-- Dataset content follows --
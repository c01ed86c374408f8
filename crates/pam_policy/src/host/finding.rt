//! The findings of a rule.

ghost use Rattle.std.specs.Prelude.{◌≡◌, ◌++◌, IfOk, OnOk, filter_map, map};
ghost use Rattle.std.specs.Option.{option_map};
ghost use Rattle.pam_policy.specs.host.Findings.{finding_view, findings_of, not_known, not_upheld, of_argument, of_name, saying_nothing};
ghost use Rattle.pam_policy.specs.names.Words.{misnamed_view};

use crate::host::idle::Idle;
use crate::host::report::{ClassReport, RuleReport};
use crate::names::Misnamed;
use crate::rules::Verdict;
use crate::search::Run;
use std::alloc::{AllocError, Global};

/// What is found of a rule. A class is given by its index.
#[derive(Clone, Copy)]
pub enum Finding<'a> {
    /// P1: the run breaks the rule at a class.
    Broken(usize, &'a Run),
    /// P2: no answers do at a class what the rule says that it can do.
    Impossible(usize),
    /// P3, P4 or P7: a word names nothing.
    Misnamed(&'a Misnamed),
    /// P5: the rule says nothing of its places.
    SaysNothing(Idle),
    /// P6: nothing is known of a class.
    NotKnown(usize),
}

/// P1 or P2 of a class.
fn not_upheld(report: &ClassReport) -> Option<Finding<'_>>
    ensures { option_map finding_view result ≡ not_upheld report.now }
{
    match &report.verdict {
        Some(Verdict::Broken(run)) => Some(Finding::Broken(report.class, run)),
        Some(Verdict::Impossible) => Some(Finding::Impossible(report.class)),
        _ => None,
    }
}

/// Appends P1 or P2 of each class.
fn push_not_upheld<'a>(
    found: &mut Vec<Finding<'a>>,
    reports: &'a [ClassReport],
) -> Result<(), AllocError>
    ensures { OnOk result (map finding_view found.new.items ≡ map finding_view found.old.items ++ filter_map not_upheld reports.now) }
{
    for report in reports {
        if let Some(finding) = not_upheld(report) {
            found.push(finding)?;
        }
    }
    Ok(())
}

/// P6 of a class.
fn not_known(report: &ClassReport) -> Option<Finding<'_>>
    ensures { option_map finding_view result ≡ not_known report.now }
{
    match &report.verdict {
        Some(_) => None,
        None => Some(Finding::NotKnown(report.class)),
    }
}

/// Appends P6 of each class.
fn push_not_known<'a>(
    found: &mut Vec<Finding<'a>>,
    reports: &'a [ClassReport],
) -> Result<(), AllocError>
    ensures { OnOk result (map finding_view found.new.items ≡ map finding_view found.old.items ++ filter_map not_known reports.now) }
{
    for report in reports {
        if let Some(finding) = not_known(report) {
            found.push(finding)?;
        }
    }
    Ok(())
}

/// P3 or P4 of a word.
fn of_name(word: &Misnamed) -> Option<Finding<'_>>
    ensures { option_map finding_view result ≡ of_name (misnamed_view word.now) }
{
    match word {
        Misnamed::NoArgument(_) => None,
        _ => Some(Finding::Misnamed(word)),
    }
}

/// Appends P3 and P4.
fn push_names<'a>(found: &mut Vec<Finding<'a>>, words: &'a [Misnamed]) -> Result<(), AllocError>
    ensures { OnOk result (map finding_view found.new.items
        ≡ map finding_view found.old.items ++ filter_map of_name (map misnamed_view words.now)) }
{
    for word in words {
        if let Some(finding) = of_name(word) {
            found.push(finding)?;
        }
    }
    Ok(())
}

/// P7 of a word.
fn of_argument(word: &Misnamed) -> Option<Finding<'_>>
    ensures { option_map finding_view result ≡ of_argument (misnamed_view word.now) }
{
    match word {
        Misnamed::NoArgument(_) => Some(Finding::Misnamed(word)),
        _ => None,
    }
}

/// Appends P7.
fn push_arguments<'a>(found: &mut Vec<Finding<'a>>, words: &'a [Misnamed]) -> Result<(), AllocError>
    ensures { OnOk result (map finding_view found.new.items
        ≡ map finding_view found.old.items ++ filter_map of_argument (map misnamed_view words.now)) }
{
    for word in words {
        if let Some(finding) = of_argument(word) {
            found.push(finding)?;
        }
    }
    Ok(())
}

/// Appends P5, if the rule says nothing.
fn push_idle(found: &mut Vec<Finding<'_>>, idle: Option<Idle>) -> Result<(), AllocError>
    ensures { OnOk result (map finding_view found.new.items ≡ map finding_view found.old.items ++ saying_nothing idle) }
{
    if let Some(idle) = idle {
        found.push(Finding::SaysNothing(idle))?;
    }
    Ok(())
}

impl RuleReport {
    /// The findings of the rule, in the order of their numbers, and then of the classes and the words.
    #[tactic(auto, unfolding(crate::specs::host::Findings::findings_of))]
    pub fn findings(&self, alloc: Global) -> Result<Vec<Finding<'_>>, AllocError>
        ensures { IfOk result (λ found. map finding_view found.items ≡ findings_of self.now) }
    {
        let mut found = Vec::new(alloc);
        push_not_upheld(&mut found, &self.classes)?;
        push_names(&mut found, &self.misnamed)?;
        push_idle(&mut found, self.idle)?;
        push_not_known(&mut found, &self.classes)?;
        push_arguments(&mut found, &self.misnamed)?;
        Ok(found)
    }
}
-- Dataset content concluded --
> Task goal: Line by line, retype all of the entries.

> Reply:
repository c01ed86c374408f8
filename crates/pam_policy/src/host/finding.rt
//! The findings of a rule.

ghost use Rattle.std.specs.Prelude.{◌≡◌, ◌++◌, IfOk, OnOk, filter_map, map};
ghost use Rattle.std.specs.Option.{option_map};
ghost use Rattle.pam_policy.specs.host.Findings.{finding_view, findings_of, not_known, not_upheld, of_argument, of_name, saying_nothing};
ghost use Rattle.pam_policy.specs.names.Words.{misnamed_view};

use crate::host::idle::Idle;
use crate::host::report::{ClassReport, RuleReport};
use crate::names::Misnamed;
use crate::rules::Verdict;
use crate::search::Run;
use std::alloc::{AllocError, Global};

/// What is found of a rule. A class is given by its index.
#[derive(Clone, Copy)]
pub enum Finding<'a> {
    /// P1: the run breaks the rule at a class.
    Broken(usize, &'a Run),
    /// P2: no answers do at a class what the rule says that it can do.
    Impossible(usize),
    /// P3, P4 or P7: a word names nothing.
    Misnamed(&'a Misnamed),
    /// P5: the rule says nothing of its places.
    SaysNothing(Idle),
    /// P6: nothing is known of a class.
    NotKnown(usize),
}

/// P1 or P2 of a class.
fn not_upheld(report: &ClassReport) -> Option<Finding<'_>>
    ensures { option_map finding_view result ≡ not_upheld report.now }
{
    match &report.verdict {
        Some(Verdict::Broken(run)) => Some(Finding::Broken(report.class, run)),
        Some(Verdict::Impossible) => Some(Finding::Impossible(report.class)),
        _ => None,
    }
}

/// Appends P1 or P2 of each class.
fn push_not_upheld<'a>(
    found: &mut Vec<Finding<'a>>,
    reports: &'a [ClassReport],
) -> Result<(), AllocError>
    ensures { OnOk result (map finding_view found.new.items ≡ map finding_view found.old.items ++ filter_map not_upheld reports.now) }
{
    for report in reports {
        if let Some(finding) = not_upheld(report) {
            found.push(finding)?;
        }
    }
    Ok(())
}

/// P6 of a class.
fn not_known(report: &ClassReport) -> Option<Finding<'_>>
    ensures { option_map finding_view result ≡ not_known report.now }
{
    match &report.verdict {
        Some(_) => None,
        None => Some(Finding::NotKnown(report.class)),
    }
}

/// Appends P6 of each class.
fn push_not_known<'a>(
    found: &mut Vec<Finding<'a>>,
    reports: &'a [ClassReport],
) -> Result<(), AllocError>
    ensures { OnOk result (map finding_view found.new.items ≡ map finding_view found.old.items ++ filter_map not_known reports.now) }
{
    for report in reports {
        if let Some(finding) = not_known(report) {
            found.push(finding)?;
        }
    }
    Ok(())
}

/// P3 or P4 of a word.
fn of_name(word: &Misnamed) -> Option<Finding<'_>>
    ensures { option_map finding_view result ≡ of_name (misnamed_view word.now) }
{
    match word {
        Misnamed::NoArgument(_) => None,
        _ => Some(Finding::Misnamed(word)),
    }
}

/// Appends P3 and P4.
fn push_names<'a>(found: &mut Vec<Finding<'a>>, words: &'a [Misnamed]) -> Result<(), AllocError>
    ensures { OnOk result (map finding_view found.new.items
        ≡ map finding_view found.old.items ++ filter_map of_name (map misnamed_view words.now)) }
{
    for word in words {
        if let Some(finding) = of_name(word) {
            found.push(finding)?;
        }
    }
    Ok(())
}

/// P7 of a word.
fn of_argument(word: &Misnamed) -> Option<Finding<'_>>
    ensures { option_map finding_view result ≡ of_argument (misnamed_view word.now) }
{
    match word {
        Misnamed::NoArgument(_) => Some(Finding::Misnamed(word)),
        _ => None,
    }
}

/// Appends P7.
fn push_arguments<'a>(found: &mut Vec<Finding<'a>>, words: &'a [Misnamed]) -> Result<(), AllocError>
    ensures { OnOk result (map finding_view found.new.items
        ≡ map finding_view found.old.items ++ filter_map of_argument (map misnamed_view words.now)) }
{
    for word in words {
        if let Some(finding) = of_argument(word) {
            found.push(finding)?;
        }
    }
    Ok(())
}

/// Appends P5, if the rule says nothing.
fn push_idle(found: &mut Vec<Finding<'_>>, idle: Option<Idle>) -> Result<(), AllocError>
    ensures { OnOk result (map finding_view found.new.items ≡ map finding_view found.old.items ++ saying_nothing idle) }
{
    if let Some(idle) = idle {
        found.push(Finding::SaysNothing(idle))?;
    }
    Ok(())
}

impl RuleReport {
    /// The findings of the rule, in the order of their numbers, and then of the classes and the words.
    #[tactic(auto, unfolding(crate::specs::host::Findings::findings_of))]
    pub fn findings(&self, alloc: Global) -> Result<Vec<Finding<'_>>, AllocError>
        ensures { IfOk result (λ found. map finding_view found.items ≡ findings_of self.now) }
    {
        let mut found = Vec::new(alloc);
        push_not_upheld(&mut found, &self.classes)?;
        push_names(&mut found, &self.misnamed)?;
        push_idle(&mut found, self.idle)?;
        push_not_known(&mut found, &self.classes)?;
        push_arguments(&mut found, &self.misnamed)?;
        Ok(found)
    }
}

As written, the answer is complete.